== Task ==
Repeat the records given below in full, with no changes.

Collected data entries
######

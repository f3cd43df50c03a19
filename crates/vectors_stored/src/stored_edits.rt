// What an edit of a stored reference is answered, as text.

use crate::answers::{print_number, print_refusal};
use byte_numbers::two_bytes;
use rules::{Change, Edit, Kind, Record, Refusal, Report};
use std::io;
use std::io::{Stdout, Write};
use stored::build_altseq_stored;
use text_forms::signed_by;

// Room for each answer of the cases.
const TRANSCRIPT_ROOM: usize = 32;

const REFERENCE_ROOM: usize = 8;

const ALTERED_ROOM: usize = 16;

// The number, and how many residues are deleted and inserted.
fn print_change(stdout: &mut Stdout, c: Change) -> io::Result<()> {
    print_number(stdout, b": changed ", c.number)?;
    print_number(stdout, b" ", c.deleted.len)?;
    print_number(stdout, b" ", c.inserted.len)
}

fn print_record(stdout: &mut Stdout, found: Record) -> io::Result<()> {
    match found {
        Record::Unknown => stdout.write_all(b": unknown"),
        Record::NoProtein => stdout.write_all(b": no-protein"),
        Record::Silent { number, residue: _ } => print_number(stdout, b": silent ", number),
        Record::Changed(c) => print_change(stdout, c),
    }
}

fn print_answer(stdout: &mut Stdout, answer: Result<Report, Refusal>) -> io::Result<()> {
    match answer {
        Ok(report) => print_record(stdout, report.found),
        Err(refusal) => print_refusal(stdout, refusal),
    }
}

fn print_bytes(stdout: &mut Stdout, s: &[u8]) -> io::Result<()> {
    stdout.write_all(b" ")?;
    stdout.write_all(s)
}

// The answer, and what the three buffers of dots hold then.
fn print_outcome(stdout: &mut Stdout, s: &[u8], edit: Edit, new: &[u8]) -> io::Result<()> {
    let mut transcript = [b'.'; TRANSCRIPT_ROOM];
    let mut reference = [b'.'; REFERENCE_ROOM];
    let mut altered = [b'.'; ALTERED_ROOM];
    let answer = build_altseq_stored(s, edit, new, &mut transcript, &mut reference, &mut altered);
    print_answer(stdout, answer)?;
    print_bytes(stdout, &transcript)?;
    print_bytes(stdout, &reference)?;
    print_bytes(stdout, &altered)
}

// An edit: the kind's number, two positions, each a sign and a number of two bytes, and the new bases.
pub fn print_edit(stdout: &mut Stdout, s: &[u8], e: &[u8]) -> io::Result<()> {
    if e.len() < 7 {
        return Ok(());
    }
    let edit = Edit {
        kind: Kind::from(u64::from(e[0])),
        start: signed_by(e[1], two_bytes(e, 2)),
        end: signed_by(e[4], two_bytes(e, 5)),
    };
    print_outcome(stdout, s, edit, &e[7..])
}
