//! Trees of nodes, whichever store they lie in: definitions and lemmas that stores and graphs share, numbers of nodes, and what a node
//! shows. They say how a stream is composed step by step, what ranks of nodes by height are, and which equal keys come first.
#![tactic(auto)]

pub mod node;
pub mod shown;
pub mod visits;

pub use node::NodeId;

######

== Reply ==
repository f3cd43df50c03a19
filename crates/vectors_stored/src/stored_edits.rt
// What an edit of a stored reference is answered, as text.

use crate::answers::{print_number, print_refusal};
use byte_numbers::two_bytes;
use rules::{Change, Edit, Kind, Record, Refusal, Report};
use std::io;
use std::io::{Stdout, Write};
use stored::build_altseq_stored;
use text_forms::signed_by;

// Room for each answer of the cases.
const TRANSCRIPT_ROOM: usize = 32;

const REFERENCE_ROOM: usize = 8;

const ALTERED_ROOM: usize = 16;

// The number, and how many residues are deleted and inserted.
fn print_change(stdout: &mut Stdout, c: Change) -> io::Result<()> {
    print_number(stdout, b": changed ", c.number)?;
    print_number(stdout, b" ", c.deleted.len)?;
    print_number(stdout, b" ", c.inserted.len)
}

fn print_record(stdout: &mut Stdout, found: Record) -> io::Result<()> {
    match found {
        Record::Unknown => stdout.write_all(b": unknown"),
        Record::NoProtein => stdout.write_all(b": no-protein"),
        Record::Silent { number, residue: _ } => print_number(stdout, b": silent ", number),
        Record::Changed(c) => print_change(stdout, c),
    }
}

fn print_answer(stdout: &mut Stdout, answer: Result<Report, Refusal>) -> io::Result<()> {
    match answer {
        Ok(report) => print_record(stdout, report.found),
        Err(refusal) => print_refusal(stdout, refusal),
    }
}

fn print_bytes(stdout: &mut Stdout, s: &[u8]) -> io::Result<()> {
    stdout.write_all(b" ")?;
    stdout.write_all(s)
}

// The answer, and what the three buffers of dots hold then.
fn print_outcome(stdout: &mut Stdout, s: &[u8], edit: Edit, new: &[u8]) -> io::Result<()> {
    let mut transcript = [b'.'; TRANSCRIPT_ROOM];
    let mut reference = [b'.'; REFERENCE_ROOM];
    let mut altered = [b'.'; ALTERED_ROOM];
    let answer = build_altseq_stored(s, edit, new, &mut transcript, &mut reference, &mut altered);
    print_answer(stdout, answer)?;
    print_bytes(stdout, &transcript)?;
    print_bytes(stdout, &reference)?;
    print_bytes(stdout, &altered)
}

// An edit: the kind's number, two positions, each a sign and a number of two bytes, and the new bases.
pub fn print_edit(stdout: &mut Stdout, s: &[u8], e: &[u8]) -> io::Result<()> {
    if e.len() < 7 {
        return Ok(());
    }
    let edit = Edit {
        kind: Kind::from(u64::from(e[0])),
        start: signed_by(e[1], two_bytes(e, 2)),
        end: signed_by(e[4], two_bytes(e, 5)),
    };
    print_outcome(stdout, s, edit, &e[7..])
}
//! Trees of nodes, whichever store they lie in: definitions and lemmas that stores and graphs share, numbers of nodes, and what a node
//! shows. They say how a stream is composed step by step, what ranks of nodes by height are, and which equal keys come first.
#![tactic(auto)]

pub mod node;
pub mod shown;
pub mod visits;

pub use node::NodeId;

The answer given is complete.